Modesty is a taboo topic because it sounds restrictive to a world that wants the most options with the least amount of limitations. Least of all, no one wants to be told how to dress. So why is the Bible so counter cultural on this point? Is it just that old of a book or when God states we are to be modest (1 Cor. 12:23, 1 Tim. 2:9, and other passages about not uncovering the nakedness of someone) , that there are really good, meaningful and loving advice behind the restriction?

Sorry I don’t have time to develop this into a fuller blog post, but just wanted to bullet my points.

Modesty protects you and others from being emotionally harmed by a false sense and portrayal of intimacy.

Modesty prevents having to maintain anything or anyone gained through being revealing.

Modesty now conceals that which fades later.

Modesty helps others like you for who you are holistically.

Modesty to God is of the heart, not just a fashion choice or quantity of fabric.
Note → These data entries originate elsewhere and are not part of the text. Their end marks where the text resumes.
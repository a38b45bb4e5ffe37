//! What a primary hears and captures.

use crate::script::plays;
use node_primary::Primary;
use state_wire::ScriptGuest;
use std::test::Fail;

/// Each message that isn't due: those to a secondary, a frame that isn't TCP, and acknowledgements
/// of a checkpoint other than the awaited one. Once the secondary stopped, none is due.
const NOT_DUE: &str = "\
hear known 00001388 : 12
hear sent answer : 13
hear frame syn : not due 1
hear number 00001388 : not due 2
hear begin 00000001 : not due 3
hear state 0000000000000064 : not due 4
hear page 00000000 *4096 : not due 5
hear disk 00000000 *512 : not due 6
hear write 00000000 *512 : not due 7
hear held syn : not due 8
hear line 01 opened 00000000 : not due 9
hear bytes 61 : not due 10
hear end 00000001 : not due 11
hear 0D 0000002D datagram : not due 13
hear ack 00000000 : not due 14
hear ack 00000001 : not due 14
hear ack 00000001 00 : no message
ask : 1
ask : -
turn 0 0 : paused
hear ack 00000000 : not due 14
hear ack 00000002 : not due 14
hear 0D 0000002D datagram : not due 13
hear known 00001388 : 12
hear ack 00000001 : 14 acknowledges 1
hear ack 00000001 : not due 14
ask : 2
report : 0
says : nothing
hear ack 00000002 : not due 14
hear known 00001388 : not due 12
hear sent answer : not due 13
ask : -
turn 0 0 : -
report : 0
";

/// The guest took the client's SYN, answered it and sent three bytes, and another frame waits. The
/// guest's number is 31 * 0 + 1 + 1, which is 2, and then 31 * 2 + 7 + 1, which is 70. Nothing went
/// out, since the secondary isn't known to have the number 9000.
const CAPTURE: &str = "\
client 5 syn : taken
says frame syn : yes
turn 1 1 : 5
says number 00002328 : yes
turn 7 0 : -
released : 0
client 5 syn : taken
says frame syn : yes
says : nothing
ask : 1
says begin 00000001 : yes
says 04 00000052 0000000000000046 syn : yes
says held syn : yes
says line 01 000003E8 00002328 00002328 00000000 00000001 1000 05B4 00000000 : yes
says 0A 00000003 616264 : yes
says end 00000001 : yes
says : nothing
";

/// With the acknowledgement both lines are the same, and the secondary has the number.
const ACKNOWLEDGED: &str = "\
turn 1 1 : paused
hear sent answer : 13
released : 0
hear ack 00000001 : 14 acknowledges 1
released : 2
out 0 answer : yes
out 1 abd-9001 : yes
turn 0 1 : 5
turns : 3
";

#[test]
fn what_is_not_due_is_refused_and_changes_nothing(rt: HostRuntime) -> Result<(), Fail> {
    plays::<_, Primary<ScriptGuest>>(&rt, &[NOT_DUE])
}

#[test]
fn a_checkpoint_is_captured_whole_and_acknowledged(rt: HostRuntime) -> Result<(), Fail> {
    plays::<_, Primary<ScriptGuest>>(&rt, &[CAPTURE, ACKNOWLEDGED])
}
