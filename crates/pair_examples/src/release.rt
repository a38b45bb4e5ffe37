//! What goes out between two offsets, of a guest that sent ten digits and FIN.

ghost use Rattle.std.specs.Prelude.{◌≡◌};

use colo_base::{Frames, NoMemory};
use inet_frame::Tuple;
use line_release::Both;
use std::alloc::Global;
use std::process::Abort;
use tcp_track::{Line, Offset, Tracker};
use worked_frames::{DIGITS, END, OTHER_SYN, SYN};

/// `345` at 5004.
const THREE: &[u8] = &[
    0x52, 0x54, 0x00, 0xAA, 0x00, 0x01, 0x52, 0x54, 0x00, 0x12, 0x34, 0x56, 0x08, 0x00, 0x45, 0x00,
    0x00, 0x2B, 0x00, 0x00, 0x40, 0x00, 0x40, 0x06, 0x22, 0xBD, 0x0A, 0x00, 0x02, 0x0F, 0x0A, 0x00,
    0x02, 0x02, 0x00, 0x07, 0x9C, 0x40, 0x00, 0x00, 0x13, 0x8C, 0x00, 0x00, 0x03, 0xE9, 0x50, 0x18,
    0x10, 0x00, 0x6B, 0xC8, 0x00, 0x00, 0x33, 0x34, 0x35,
];

/// `89` at 5009, with FIN.
const LAST: &[u8] = &[
    0x52, 0x54, 0x00, 0xAA, 0x00, 0x01, 0x52, 0x54, 0x00, 0x12, 0x34, 0x56, 0x08, 0x00, 0x45, 0x00,
    0x00, 0x2A, 0x00, 0x00, 0x40, 0x00, 0x40, 0x06, 0x22, 0xBE, 0x0A, 0x00, 0x02, 0x0F, 0x0A, 0x00,
    0x02, 0x02, 0x00, 0x07, 0x9C, 0x40, 0x00, 0x00, 0x13, 0x91, 0x00, 0x00, 0x03, 0xE9, 0x50, 0x19,
    0x10, 0x00, 0x9B, 0xBE, 0x00, 0x00, 0x38, 0x39,
];

const TUPLE: Tuple = Tuple {
    addr: 0x0A00_0202,
    port: 40000,
    guest: 7,
};

fn take(tracker: &mut Tracker, frame: &[u8]) -> bool {
    tracker.take(frame).is_ok()
}

/// What a guest sent; `None` where memory ran out.
fn taken(alloc: Global, syn: &[u8]) -> Option<Tracker> {
    let mut tracker = Tracker::new(alloc);
    if take(&mut tracker, syn) && take(&mut tracker, &DIGITS) && take(&mut tracker, &END) {
        Some(tracker)
    } else {
        None
    }
}

/// The two nodes' lines, under the number 5000.
fn both_of<'a>(mine: &'a Line, theirs: &'a Line) -> Both<'a>
    ensures { result.mine.now ≡ mine.now }
{
    Both {
        tuple: TUPLE,
        mine,
        theirs: Some(theirs),
        number: 5000,
        number_known: true,
    }
}

/// What goes out of a line that isn't trimmed so far.
fn released_of(
    alloc: Global,
    mine: &Line,
    theirs: &Line,
    from: Offset,
    to: Offset,
) -> Option<Frames> {
    if mine.base > from {
        return None;
    }
    let mut out = Frames::new(alloc);
    match both_of(mine, theirs).release_symbols(alloc, from, to, &mut out) {
        Ok(()) => Some(out),
        Err(NoMemory) => None,
    }
}

/// What a test asks for. The call has no clause, so that what the contracts say stands in no goal
/// of a test.
trait Release {
    /// What goes out between two offsets; `None` where memory ran out.
    fn released(alloc: Global, from: Offset, to: Offset) -> Option<Frames>;
}

/// The guests with the numbers 5000 and 9000.
struct Digits;

/// What goes out of the connection's lines between two offsets.
fn released_by(
    alloc: Global,
    mine: &Tracker,
    theirs: &Tracker,
    from: Offset,
    to: Offset,
) -> Option<Frames> {
    match (mine.line(&TUPLE), theirs.line(&TUPLE)) {
        (Some(mine), Some(theirs)) => released_of(alloc, mine, theirs, from, to),
        _ => None,
    }
}

impl Release for Digits {
    fn released(alloc: Global, from: Offset, to: Offset) -> Option<Frames> {
        let mine = taken(alloc, &SYN)?;
        let theirs = taken(alloc, &OTHER_SYN)?;
        released_by(alloc, &mine, &theirs, from, to)
    }
}

fn is_alone(out: Option<Frames>, frame: &[u8]) -> bool {
    match out {
        Some(out) => out.len() == 1 && out.get(0) == Some(frame),
        None => false,
    }
}

/// Asserts that one frame goes out between two offsets.
fn goes_out<R: Abort + AllocGlobal, D: Release>(rt: &R, from: Offset, to: Offset, frame: &[u8]) {
    assert!(rt; is_alone(D::released(rt.alloc(), from, to), frame));
}

#[test]
fn a_syn_goes_out_under_the_kept_number(rt: HostRuntime) {
    goes_out::<_, Digits>(&rt, 0, 1, &SYN);
}

#[test]
fn bytes_go_out_from_an_offset_on(rt: HostRuntime) {
    goes_out::<_, Digits>(&rt, 4, 7, THREE);
    goes_out::<_, Digits>(&rt, 9, 12, LAST);
    goes_out::<_, Digits>(&rt, 11, 12, &END);
}
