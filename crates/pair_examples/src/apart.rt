//! A checkpoint kept apart as a script drives it.

ghost use Rattle.std.specs.Prelude.{◌≡◌, true};
ghost use Rattle.kept_checkpoint.specs.Kept.{HasPageSize};

use crate::checkpoint::TUPLE;
use colo_base::{Contents, NoMemory};
use colo_wire::Message;
use kept_checkpoint::{KeptCheckpoint, Tables};
use std::alloc::Global;

/// What a script drives. No call has a clause, so that what the contracts say stands in no goal of
/// a test.
pub trait Kept {
    /// The state's bytes alone, of a guest with two pages and three sectors; `None` where memory
    /// ran out.
    fn start(alloc: Global, state: Contents) -> Option<Self>
    where
        Self: Sized;
    /// Keeps a message, where it fits, and says whether it did; `None` where memory ran out.
    fn hear(&mut self, message: &Message) -> Option<bool>;
    /// What the whole gives; `None` where memory ran out.
    fn close(self) -> Option<Whole>;
}

/// What a whole checkpoint gives: how many frames wait, how many lines there are, where that of the
/// connection ends, and the number of its client 1000.
#[derive(Clone, Copy)]
pub struct Whole {
    pub frames: usize,
    pub lines: usize,
    pub end: Option<u32>,
    pub number: Option<u32>,
}

/// What is kept for a guest with two pages and three sectors.
#[derive(Drop)]
pub struct Apart {
    kept: KeptCheckpoint,
}

/// Whether a page has its size.
fn is_sized(message: &Message) -> bool
    ensures { result ≡ true → HasPageSize message.now }
{
    match message {
        Message::Page { bytes, .. } => bytes.as_slice().len() == 4096,
        _ => true,
    }
}

fn whole_of(tables: &Tables) -> Whole {
    let end = match tables.lines.line(&TUPLE) {
        Some(line) => Some(line.end()),
        None => None,
    };
    Whole {
        frames: tables.inbox.len(),
        lines: tables.lines.len(),
        end,
        number: tables.numbers.number(&TUPLE, 1000),
    }
}

impl Kept for Apart {
    fn start(alloc: Global, state: Contents) -> Option<Apart> {
        let kept = KeptCheckpoint::new(alloc, state, 2, 3).ok()?;
        Some(Apart { kept })
    }

    fn hear(&mut self, message: &Message) -> Option<bool> {
        if !self.kept.fits(message) || !is_sized(message) {
            return Some(false);
        }
        match self.kept.keep(message) {
            Ok(()) => Some(true),
            Err(NoMemory) => None,
        }
    }

    fn close(self) -> Option<Whole> {
        let Apart { kept } = self;
        match kept.close() {
            Ok(tables) => Some(whole_of(&tables)),
            Err(NoMemory) => None,
        }
    }
}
Modesty is a restraint to not let our eyes and thoughts go farther than they ought, or wrongly invite the eyes and thoughts of others to go farther then they ought.

Modesty has others in mind, not wishing to lead others astray.

Modesty hides from all what is rightly preserved for one.

Modesty protects you from greedily wanting the affection of those who are not yours.

Modesty forces a relationship to be based on the whole person and not just someone’s looks.

Modesty is an issue for all ages and both genders.

To use immodesty to say you have to attract a mate is to supersede God’s ability to find you one.